▶ TASK INSTRUCTIONS:
After finding the line containing "(λ bytes. ReadsMeta" below, please output that line and each following one through the line containing "for, the report", exactly as written.

====================

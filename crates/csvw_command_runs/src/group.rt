//! Runs over the files of a group of tables.
ghost use Rattle.std.specs.Prelude.{◌≡◌, ◌≤◌, IfErr, IfOk, map};
ghost use Rattle.csvw_command_runs.specs.Groups.{BundlesMeta, BundlesNoMeta, ClosesAll, EndsSo, Leaves, OpensAll, OpensGroup, OpensNot, ReadsMeta, ReadsNoMeta, RunsGroup};
ghost use Rattle.csvw_command_runs.specs.Groups.{StopsOpening, order_of};
ghost use Rattle.csvw_streams.specs.Streams.{stream_of};

use crate::profile::profile_of;
use crate::resources::resource_files;
use crate::tell::{outcome_status, tell_stop};
use csvw_command_core::Group;
use csvw_defaults::with_defaults;
use csvw_engine::{Order, Outcome, Request, Stop, Way, run_by};
use csvw_files::{Opener, bundle_files, read_file};
use csvw_text::{Counted, Fault, Seq};
use csvw_triples_core::Mode;
use std::alloc::Global;
use std::io::{Read, Write};

/// What a run over a group reads.
#[derive(Drop)]
struct Opened<R> {
    /// The bytes of the metadata document.
    meta: Vec<u8>,
    /// The files of the tables.
    readers: Vec<Counted<R>>,
}

/// Opens the files of all tables.
fn open_all<O: Opener>(
    alloc: Global,
    files: &[&str],
    opener: &mut O,
) -> Result<Vec<Counted<O::Reader>>, Stop>
    ensures opened { IfOk result (λ readers. OpensAll O.opens opener.old (map (λ file. file.now) files.now) readers.items opener.new) }
    ensures stop { IfErr result (λ reason. StopsOpening O.opens opener.old (map (λ file. file.now) files.now) opener.new reason) }
{
    let mut readers = Vec::new(alloc);
    for file in files {
        let Some(reader) = opener.open(file) else {
            return Err(Stop::Read);
        };
        let Ok(()) = readers.push(Counted::new(reader)) else {
            return Err(Stop::Memory);
        };
    }
    Ok(readers)
}

/// Reads the metadata, and the resources that take the place of their URLs in it. Each reader is handed back as soon as it
/// was read, also if it failed.
fn bundle_meta<O: Opener>(alloc: Global, group: &Group<'_>, opener: &mut O) -> Result<Vec<u8>, Stop>
    ensures read { IfOk result (λ bytes. BundlesMeta O.opens O.closes O.Reader.remaining group.now opener.old opener.new bytes.items) }
    ensures stop { IfErr result (λ reason. BundlesNoMeta O.opens O.closes O.Reader.remaining group.now opener.old opener.new reason) }
{
    let Ok(resources) = resource_files(alloc, group.resources.as_slice()) else {
        return Err(Stop::Memory);
    };
    match read_file(alloc, group.meta, opener) {
        Ok(own) => bundle_files(alloc, own, group.base, resources.as_slice(), opener),
        Err(stop) => Err(stop),
    }
}

/// Reads the metadata with its resources. In the profile `w3c` the values that aren't permitted are left out.
fn read_meta<O: Opener>(alloc: Global, group: &Group<'_>, opener: &mut O) -> Result<Vec<u8>, Stop>
    ensures read { IfOk result (λ bytes. ReadsMeta O.opens O.closes O.Reader.remaining group.now opener.old opener.new bytes.items) }
    ensures stop { IfErr result (λ reason. ReadsNoMeta O.opens O.closes O.Reader.remaining group.now opener.old opener.new reason) }
{
    let whole = match bundle_meta(alloc, group, opener) {
        Ok(whole) => whole,
        Err(stop) => return Err(stop),
    };
    match with_defaults(alloc, whole, profile_of(group.profile)) {
        Ok(defaulted) => Ok(defaulted.bytes),
        Err(_) => Err(Stop::Memory),
    }
}

/// Reads the metadata, and then opens the files of the tables.
fn open_group<O: Opener>(
    alloc: Global,
    group: &Group<'_>,
    opener: &mut O,
) -> Result<Opened<O::Reader>, Stop>
    ensures opened { IfOk result (λ opened. OpensGroup O.opens O.closes O.Reader.remaining group.now opener.old opener.new
        opened.meta.items opened.readers.items) }
    ensures stop { IfErr result (λ reason. OpensNot O.opens O.closes O.Reader.remaining group.now opener.old opener.new reason) }
{
    let meta = match read_meta(alloc, group, opener) {
        Ok(meta) => meta,
        Err(stop) => return Err(stop),
    };
    match open_all(alloc, group.files.as_slice(), opener) {
        Ok(readers) => Ok(Opened { meta, readers }),
        Err(stop) => Err(stop),
    }
}

/// Hands back the readers of all tables, in order.
fn close_all<O: Opener>(readers: Vec<Counted<O::Reader>>, opener: &mut O)
    ensures { ClosesAll O.closes opener.old readers.items opener.new }
{
    for reader in readers {
        opener.close(reader);
    }
}

/// Returns the status of a run, and reports its stop.
pub fn tell_end<V: Write>(ran: &Result<Outcome, Stop>, err: &mut Counted<V>) -> u8
    ensures end { EndsSo ran.now (stream_of V.contents err.old err.new) result }
    ensures bound { result ≤ 4 }
{
    match ran {
        Ok(outcome) => outcome_status(outcome),
        Err(stop) => tell_stop(stop, err),
    }
}

/// Returns the order in which the tables are read: a piece of each in turn, or one after the other.
fn order_of(turns: bool) -> Order
    ensures { result ≡ order_of turns }
{
    match turns {
        true => Order::InTurns,
        false => Order::TableByTable,
    }
}

/// Runs over the tables of a group. The graph goes to `out` and the report to `err`. If no graph is asked for, the report
/// goes to `out`.
fn run_to<R: Read, W: Write, V: Write>(
    alloc: Global,
    request: Request<'_>,
    readers: &mut [Counted<R>],
    out: &mut Counted<W>,
    err: &mut Counted<V>,
) -> Result<Outcome, Stop>
    ensures { Leaves R.remaining request.entry.way.mode request.entry.way.order request.entry.profile request.entry.meta.now
        request.entry.base.now readers.old readers.new
        (stream_of W.contents out.old out.new) (stream_of V.contents err.old err.new) result }
{
    match request.way.mode {
        Mode::Validate => run_by(alloc, request, readers, err, out),
        Mode::Minimal => run_by(alloc, request, readers, out, err),
        Mode::Standard => run_by(alloc, request, readers, out, err),
    }
}

/// A group, and what is written of it.
#[derive(Clone, Copy)]
pub struct GroupRun<'a> {
    /// The group.
    pub group: &'a Group<'a>,
    /// Which triples are written; in mode `Validate` only the report.
    pub mode: Mode,
}

/// How a run over the files of a group ended.
#[derive(Debug, Drop)]
pub struct Ended {
    /// Why it stopped, if it did.
    pub stop: Option<Stop>,
    /// The faults that were found, of any kind, in the order of reports. There are none after a stop.
    pub faults: Seq<Fault>,
    /// The exit status.
    pub status: u8,
}

/// Returns how a run ended that has this status.
pub fn end_of(alloc: Global, ran: Result<Outcome, Stop>, status: u8) -> Ended
    ensures { result.status ≡ status }
{
    match ran {
        Ok(outcome) => Ended {
            stop: None,
            faults: outcome.faults,
            status,
        },
        Err(stop) => Ended {
            stop: Some(stop),
            faults: Seq::new(alloc),
            status,
        },
    }
}

/// Runs over the files of a group. The graph goes to `out` and the report to `err`. In mode `Validate` the report goes to
/// `out`. Returns how the run ended; a stop is reported on `err`.
pub fn run_group<O: Opener, W: Write, V: Write>(
    alloc: Global,
    asked: GroupRun<'_>,
    opener: &mut O,
    out: &mut Counted<W>,
    err: &mut Counted<V>,
) -> Ended
    ensures runs { RunsGroup O.opens O.closes O.Reader.remaining asked.entry.mode asked.entry.group.now opener.old opener.new
        (stream_of W.contents out.old out.new) (stream_of V.contents err.old err.new) result.status }
    ensures bound { result.status ≤ 4 }
{
    let GroupRun { group, mode } = asked;
    match open_group(alloc, group, opener) {
        Ok(Opened { meta, mut readers }) => {
            let request = Request {
                meta: meta.as_slice(),
                base: group.base,
                profile: profile_of(group.profile),
                way: Way {
                    mode,
                    order: order_of(group.turns),
                },
            };
            let ran = run_to(alloc, request, readers.as_mut_slice(), out, err);
            close_all(readers, opener);
            let status = tell_end(&ran, err);
            end_of(alloc, ran, status)
        }
        Err(stop) => {
            let status = tell_stop(&stop, err);
            end_of(alloc, Err(stop), status)
        }
    }
}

====================

▶ SOLVED EXERCISE:
    ensures read { IfOk result (λ bytes. ReadsMeta O.opens O.closes O.Reader.remaining group.now opener.old opener.new bytes.items) }
    ensures stop { IfErr result (λ reason. ReadsNoMeta O.opens O.closes O.Reader.remaining group.now opener.old opener.new reason) }
{
    let whole = match bundle_meta(alloc, group, opener) {
        Ok(whole) => whole,
        Err(stop) => return Err(stop),
    };
    match with_defaults(alloc, whole, profile_of(group.profile)) {
        Ok(defaulted) => Ok(defaulted.bytes),
        Err(_) => Err(Stop::Memory),
    }
}

/// Reads the metadata, and then opens the files of the tables.
fn open_group<O: Opener>(
    alloc: Global,
    group: &Group<'_>,
    opener: &mut O,
) -> Result<Opened<O::Reader>, Stop>
    ensures opened { IfOk result (λ opened. OpensGroup O.opens O.closes O.Reader.remaining group.now opener.old opener.new
        opened.meta.items opened.readers.items) }
    ensures stop { IfErr result (λ reason. OpensNot O.opens O.closes O.Reader.remaining group.now opener.old opener.new reason) }
{
    let meta = match read_meta(alloc, group, opener) {
        Ok(meta) => meta,
        Err(stop) => return Err(stop),
    };
    match open_all(alloc, group.files.as_slice(), opener) {
        Ok(readers) => Ok(Opened { meta, readers }),
        Err(stop) => Err(stop),
    }
}

/// Hands back the readers of all tables, in order.
fn close_all<O: Opener>(readers: Vec<Counted<O::Reader>>, opener: &mut O)
    ensures { ClosesAll O.closes opener.old readers.items opener.new }
{
    for reader in readers {
        opener.close(reader);
    }
}

/// Returns the status of a run, and reports its stop.
pub fn tell_end<V: Write>(ran: &Result<Outcome, Stop>, err: &mut Counted<V>) -> u8
    ensures end { EndsSo ran.now (stream_of V.contents err.old err.new) result }
    ensures bound { result ≤ 4 }
{
    match ran {
        Ok(outcome) => outcome_status(outcome),
        Err(stop) => tell_stop(stop, err),
    }
}

/// Returns the order in which the tables are read: a piece of each in turn, or one after the other.
fn order_of(turns: bool) -> Order
    ensures { result ≡ order_of turns }
{
    match turns {
        true => Order::InTurns,
        false => Order::TableByTable,
    }
}

/// Runs over the tables of a group. The graph goes to `out` and the report to `err`. If no graph is asked for, the report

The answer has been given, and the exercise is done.